## INSTRUCTIONS TO FOLLOW
For the material below, output exactly the span from the line with "let _number = run.index();" to the line with "pub fn run_for(&mut", including both, and nothing besides.
━━━━━━━━
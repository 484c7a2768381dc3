//! Runs of programs over the table.
ghost use Rattle.std.specs.Prelude.{◌≡◌, All};
ghost use Rattle.read_table.specs.Held.{IsReady};

use crate::making::{
    LOAD_BYTE, LOOKUP_AND_LOAD, LOOKUP_AND_STORE, NESTED, run, two_seats, verified,
};
use atomic_table::{Seat, Shared};
use read_table::{Law, MAX_TABLE_SLOTS, ReadSeat, ReadTable, SubWord, TableShape, View, Writer};
use std::alloc::Global;
use std::test::Fail;

/// A program, the length of its context, and what a run comes to.
type Row = (&'static str, u8, Result<u64, SubWord>);

/// A table of so many slots. The first seat makes runs before the key of zeros is linked with this value, and then others;
/// behind them the second seat makes some.
struct Case {
    slots: usize,
    value: [u8; 8],
    before: &'static [Row],
    first: &'static [Row],
    second: &'static [Row],
}

static CASES: [Case; 3] = [
    // A lookup finds no value, one that was linked, and one that another seat's run has stored since.
    Case {
        slots: 4,
        value: [5, 0, 0, 0, 0, 0, 0, 0],
        before: &[(LOOKUP_AND_LOAD, 0, Ok(0))],
        first: &[(LOOKUP_AND_LOAD, 0, Ok(5)), (LOOKUP_AND_STORE, 0, Ok(0))],
        second: &[(LOOKUP_AND_LOAD, 0, Ok(9))],
    },
    // The seat's section lasts from the outermost lock to its unlock.
    Case {
        slots: 4,
        value: [5, 0, 0, 0, 0, 0, 0, 0],
        before: &[(NESTED, 0, Ok(0))],
        first: &[(NESTED, 0, Ok(5))],
        second: &[],
    },
    // A program that loads one byte of a value is refused, and its seat may be used again at once.
    Case {
        slots: 1,
        value: [7, 7, 7, 7, 7, 7, 7, 7],
        before: &[],
        first: &[
            (LOAD_BYTE, 1, Err(SubWord)),
            (LOOKUP_AND_LOAD, 0, Ok(0x0707_0707_0707_0707)),
        ],
        second: &[],
    },
];

/// Whether a run of this seat comes to what the row says.
fn comes_so(alloc: Global, table: &ReadTable, seat: &mut ReadSeat, row: &Row) -> Result<bool, Fail>
    requires ready { IsReady table.now seat.old }
    ensures ready { IsReady table.now seat.new }
{
    let (text, ctx_len, end) = row;
    let program = verified(alloc, text, usize::from(*ctx_len))?;
    Ok(run(table, seat, &program) == Some(*end))
}

/// Whether each run of this seat does.
fn all_come_so(
    alloc: Global,
    table: &ReadTable,
    seat: &mut ReadSeat,
    rows: &[Row],
) -> Result<bool, Fail>
    requires ready { IsReady table.now seat.old }
    ensures ready { IsReady table.now seat.new }
{
    let mut right = true;
    for row in rows {
        let is_right = comes_so(alloc, table, seat, row)?;
        right &= is_right;
    }
    Ok(right)
}

/// The share is one of the table of these words, so their rule speaks of what its holder did.
fn are_tied(words: &Shared<u8, View, TableShape, Law>, share: &Seat<u8, View>)
    requires { share.now.table_id ≡ words.now.table_id }
{
    let _ = words;
    let _ = share;
}

/// The shares of a seat and of the writer are of the table whose words it hands out.
fn shares_are_tied(table: &ReadTable, seat: &ReadSeat, writer: &Writer)
    requires seat { seat.now.table ≡ table.now }
    requires writer { writer.now.table ≡ table.now }
{
    are_tied(table.ruled(), seat.share());
    are_tied(table.ruled(), writer.share());
}

/// Whether the runs of a case come to what it says. What the table, a seat and the writer hand out is of one history, before
/// and after runs.
fn holds(
    alloc: Global,
    table: &ReadTable,
    seats: &mut [ReadSeat],
    writer: &mut Writer,
    case: &Case,
) -> Result<bool, Fail>
    requires ready { All (IsReady table.now) seats.old }
    requires table { writer.old.table ≡ table.now }
    requires key { table.now.shape.key_words ≡ 1 }
    requires value { table.now.shape.value_words ≡ 1 }
{
    let Some((first, second)) = two_seats(table, seats) else {
        return Ok(false);
    };
    let before = all_come_so(alloc, table, first, case.before)?;
    let linked = writer.link(table, &[0; 8], &case.value).is_some();
    shares_are_tied(table, first, writer);
    let by_first = all_come_so(alloc, table, first, case.first)?;
    shares_are_tied(table, first, writer);
    let by_second = all_come_so(alloc, table, second, case.second)?;
    Ok(before && linked && by_first && by_second)
}

/// The same of a new table.
fn holds_in_new(alloc: Global, case: &Case) -> Result<bool, Fail> {
    let slots = case.slots.clamp(1, MAX_TABLE_SLOTS);
    let (table, mut seats, mut writer) = ReadTable::new(alloc, slots, 8, 8, 2)?;
    holds(alloc, &table, &mut seats.list, &mut writer, case)
}

#[test]
fn runs_come_to_what_cases_say(rt: HostRuntime) -> Result<(), Fail> {
    assert!(rt; SubWord.code() == 80);
    for (number, case) in CASES.iter().enumerate() {
        assert!(rt; holds_in_new(rt.alloc(), case)?, "case {number}");
    }
    Ok(())
}

/// The lookup has twelve instructions, of which one takes two slots.
#[test]
fn lengths_of_a_program(rt: HostRuntime) -> Result<(), Fail> {
    let load = verified(rt.alloc(), LOOKUP_AND_LOAD, 0)?;
    let program = load.program();
    assert!(rt; program.len() == 12 && program.slot_count() == 13);
    Ok(())
}
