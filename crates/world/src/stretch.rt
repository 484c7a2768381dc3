//! Many steps of one run.
ghost use Rattle.std.specs.Prelude.{◌≡◌, ◌≢◌, ◌<◌, ◌≤◌, IfNone, IfSome};
ghost use Rattle.world.specs.Stretches.{IsAhead, MakesMoves, WouldBeRefused, WouldExit};

use crate::world::World;
use bpf_model::{Answer, Event, RunId};
use machine::{Walk, WalkEnd};

/// Why a run made no further step.
#[derive(Clone, Copy, Debug, PartialEq, Eq)]
pub enum Stop {
    /// It has made as many as it was to make.
    Enough,
    /// The next step would be its exit.
    Exits,
    /// The next step would be refused.
    Refused,
}

impl World {
    /// The own moves of the run, at most so many; `None` where its step is refused.
    fn walk(&mut self, run: RunId, most: usize) -> Option<Walk<WalkEnd>>
        ensures refused { IfNone result (WouldBeRefused self.old run) }
        ensures kept { IfNone result (self.new ≡ self.old) }
        ensures moves { IfSome result (λ walk. MakesMoves run self.old walk.moved self.new) }
        ensures ahead { IfSome result (λ walk. IsAhead walk.end self.new run) }
        ensures most { IfSome result (λ walk. walk.moved ≤ most) }
        ensures enough { IfSome result (λ walk. walk.end ≡ WalkEnd.Enough → walk.moved ≡ most) }
        ensures fewer { IfSome result (λ walk. walk.end ≢ WalkEnd.Enough → walk.moved < most) }
    {
        let _number = run.index();
        self.is_world();
        self.parts.walk(run, most)
    }

    /// Steps a run as long as its step is answered with a move, at most so many times. It stops before a step that
    /// would be its exit, and before one that would be refused. It takes no memory and cannot fail.
    pub fn run_for(&mut self, run: RunId, most: usize) -> Walk<Stop>
        ensures moves { MakesMoves run self.old result.moved self.new }
        ensures most { result.moved ≤ most }
        ensures enough { result.end ≡ Stop.Enough → result.moved ≡ most }
        ensures exits { result.end ≡ Stop.Exits → WouldExit self.new run }
        ensures refused { result.end ≡ Stop.Refused → WouldBeRefused self.new run }
    {
        let event = Event::Step { run };
        let mut answer = Answer::Moved;
        let mut moved = 0;
        'stretch: while moved < most {
            let Some(walk) = self.walk(run, most - moved) else {
                let end = Stop::Refused;
                return Walk { moved, end };
            };
            moved += walk.moved;
            match walk.end {
                WalkEnd::Enough => (),
                WalkEnd::Exits => {
                    let end = Stop::Exits;
                    return Walk { moved, end };
                }
                WalkEnd::Asks => {
                    self.apply_into(&event, &mut answer);
                    moved += 1;
                }
            }
        }
        let end = Stop::Enough;
        Walk { moved, end }
    }
}
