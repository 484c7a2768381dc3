//! Read-side critical sections: a run goes one lock deeper, and comes back.
ghost use Rattle.std.specs.Prelude.{◌≡◌, ◌<◌};
ghost use Rattle.bpf_model.specs.declared.limits.TheConstants.{MAX_DEPTH, MAX_RUNS};
ghost use Rattle.bpf_model.specs.Schedule.{still_open};
ghost use Rattle.element_store.specs.Sections.{depth_at, opened_in};
ghost use Rattle.machine.specs.declared.request.Request.TheVariants.{Enter, Leave};
ghost use Rattle.world.specs.Serving.{grace_after};

use bpf_model::RunId;
use element_store::Grace;

/// The run goes one lock deeper. Where that opens a section, the present grace period does not wait for it.
#[inline]
pub(crate) fn enter(grace: &mut Grace, run: RunId)
    requires run { run < MAX_RUNS }
    requires depth { depth_at grace.old run < MAX_DEPTH }
    requires inside { still_open grace.old.awaited (opened_in grace.old) ≡ grace.old.awaited }
    ensures { grace.new ≡ grace_after Enter run grace.old }
{
    grace.open(run);
}

/// The run comes back from its innermost lock. Where that ends its section, it is awaited no more.
#[inline]
pub(crate) fn leave(grace: &mut Grace, run: RunId)
    requires run { run < MAX_RUNS }
    requires depth { 0 < depth_at grace.old run }
    requires inside { still_open grace.old.awaited (opened_in grace.old) ≡ grace.old.awaited }
    ensures { grace.new ≡ grace_after Leave run grace.old }
{
    grace.close(run);
}
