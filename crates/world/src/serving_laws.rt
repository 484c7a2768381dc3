//! Laws of what is served, each a function with an empty body.
ghost use Rattle.std.specs.Prelude.{◌≡◌, ◌<◌, ◌^◌, ℕ, Option, Some, None, slice_get};
ghost use Rattle.bpf_model.specs.declared.insn.Insn.{Insn};
ghost use Rattle.bpf_model.specs.Machine.{Loaded, Run};
ghost use Rattle.bpf_model.specs.Schedule.{Schedule};
ghost use Rattle.bpf_model.specs.Step.{insn_at};
ghost use Rattle.bpf_model.specs.View.{MapView, RunView, WorldView, shapes_of};
ghost use Rattle.map_kinds.specs.Shown as shown;
ghost use Rattle.verifier.specs.Checked.{Checked};
ghost use Rattle.model_laws.specs.Matching.{Matches};
ghost use Rattle.world_laws.specs.Local.{Asks, local_of};
ghost use Rattle.world_laws.specs.Reaching as reaching;
ghost use Rattle.world_laws.specs.Reacting.{insn_step};
ghost use Rattle.world_laws.specs.Typed.{IsRunning, IsSound};
ghost use Rattle.machine.specs.declared.request.Request.{Request};
ghost use Rattle.machine.specs.declared.request.Local.{Local};
ghost use Rattle.machine.specs.Regions.{IsCodeOf};
ghost use Rattle.machine.specs.Requests.{request_of};
ghost use Rattle.machine.specs.Standing.{MayGive};
ghost use Rattle.machine.specs.Steps.{IsLocalStep};
ghost use Rattle.element_store.specs.Sections.{GraceState};
ghost use Rattle.world.specs.Serving.{CanServe, IsFlagged, IsOwnWorld, IsReply, ShowsGrace};
ghost use Rattle.world.specs.Serving.{served_step};

/// A map slot that has an element, linked under its own key or waiting in one of the three lists,
/// stands somewhere in its map: what a world knows of a slot is what a map asks.
pub fn occupied_stands()
    ensures { (v : MapView) (i : ℕ) → reaching.HasElement v i → shown.IsOccupied v i }
{}

/// Where a run's instruction asks something, the world's step is what `serve` leaves, with the
/// run gone on with the reply: in a world that shows of some depths who is inside a section, where the
/// run's own is that of its view.
pub fn served_is_the_worlds()
    ensures { (insn : Insn) (request : Request) (program : Loaded) (r : ℕ) (v : RunView)
        (w : WorldView) (word : ℕ) → IsFlagged w r v →
        (g : GraceState) → ShowsGrace w g → slice_get g.depths r ≡ Some v.depth →
        request_of insn v ≡ Some request →
        CanServe request program.maps w.maps v → IsReply request program.maps w.maps v word →
        insn_step insn program r v w ≡ served_step request insn program word r v g w }
{}

/// Where a run's instruction asks nothing, the world's step changes the run alone: maps and flags stay.
pub fn own_changes_the_run()
    ensures { (insn : Insn) (program : Loaded) (r : ℕ) (v after : RunView) (w : WorldView)
        (asked : Option Request) (answer : Local) → IsFlagged w r v →
        IsLocalStep (local_of insn v) asked v answer after →
        IsOwnWorld answer asked r v after w (insn_step insn program r v w) }
{}

/// In a world whose programs are verified, a run that has not ended is one of the machine, with
/// a flag as its depth says; and what its instruction asks can be served.
pub fn running_can_be_served()
    ensures running { (w : WorldView) (s : Schedule) → Matches w s → (r : ℕ) (v : RunView) →
        slice_get w.runs r ≡ Some (Some v) → v.exit ≡ None → (run : Run) × IsRunning w s r run v }
    ensures flagged { (w : WorldView) (s : Schedule) → Matches w s → IsSound w s →
        (r : ℕ) (run : Run) (v : RunView) → IsRunning w s r run v → IsFlagged w r v }
    ensures served { (w : WorldView) (s : Schedule) → Matches w s → IsSound w s →
        (r : ℕ) (run : Run) (v : RunView) → IsRunning w s r run v →
        (program : Loaded) → slice_get w.programs v.program ≡ Some program →
        (insn : Insn) (request : Request) → insn_at program.code v.place ≡ Some insn →
        local_of insn v ≡ Asks → request_of insn v ≡ Some request →
        CanServe request program.maps w.maps v }
{}

/// In such a world what is served is a word that the access can give, as the code of the run's program asks.
pub fn served_may_be_given()
    ensures { (w : WorldView) (s : Schedule) → Matches w s → IsSound w s →
        (r : ℕ) (run : Run) (v : RunView) → IsRunning w s r run v → r < 2 ^ 64 →
        (program : Loaded) → slice_get w.programs v.program ≡ Some program →
        (c : Checked) → IsCodeOf c (shapes_of w) program →
        (insn : Insn) (request : Request) (word : ℕ) →
        insn_at program.code v.place ≡ Some insn → local_of insn v ≡ Asks →
        request_of insn v ≡ Some request → CanServe request program.maps w.maps v →
        IsReply request program.maps w.maps v word → MayGive c v request word }
{}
━━━━━━━━
## PROBLEM SOLUTION
        let _number = run.index();
        self.is_world();
        self.parts.walk(run, most)
    }

    /// Steps a run as long as its step is answered with a move, at most so many times. It stops before a step that
    /// would be its exit, and before one that would be refused. It takes no memory and cannot fail.
    pub fn run_for(&mut self, run: RunId, most: usize) -> Walk<Stop>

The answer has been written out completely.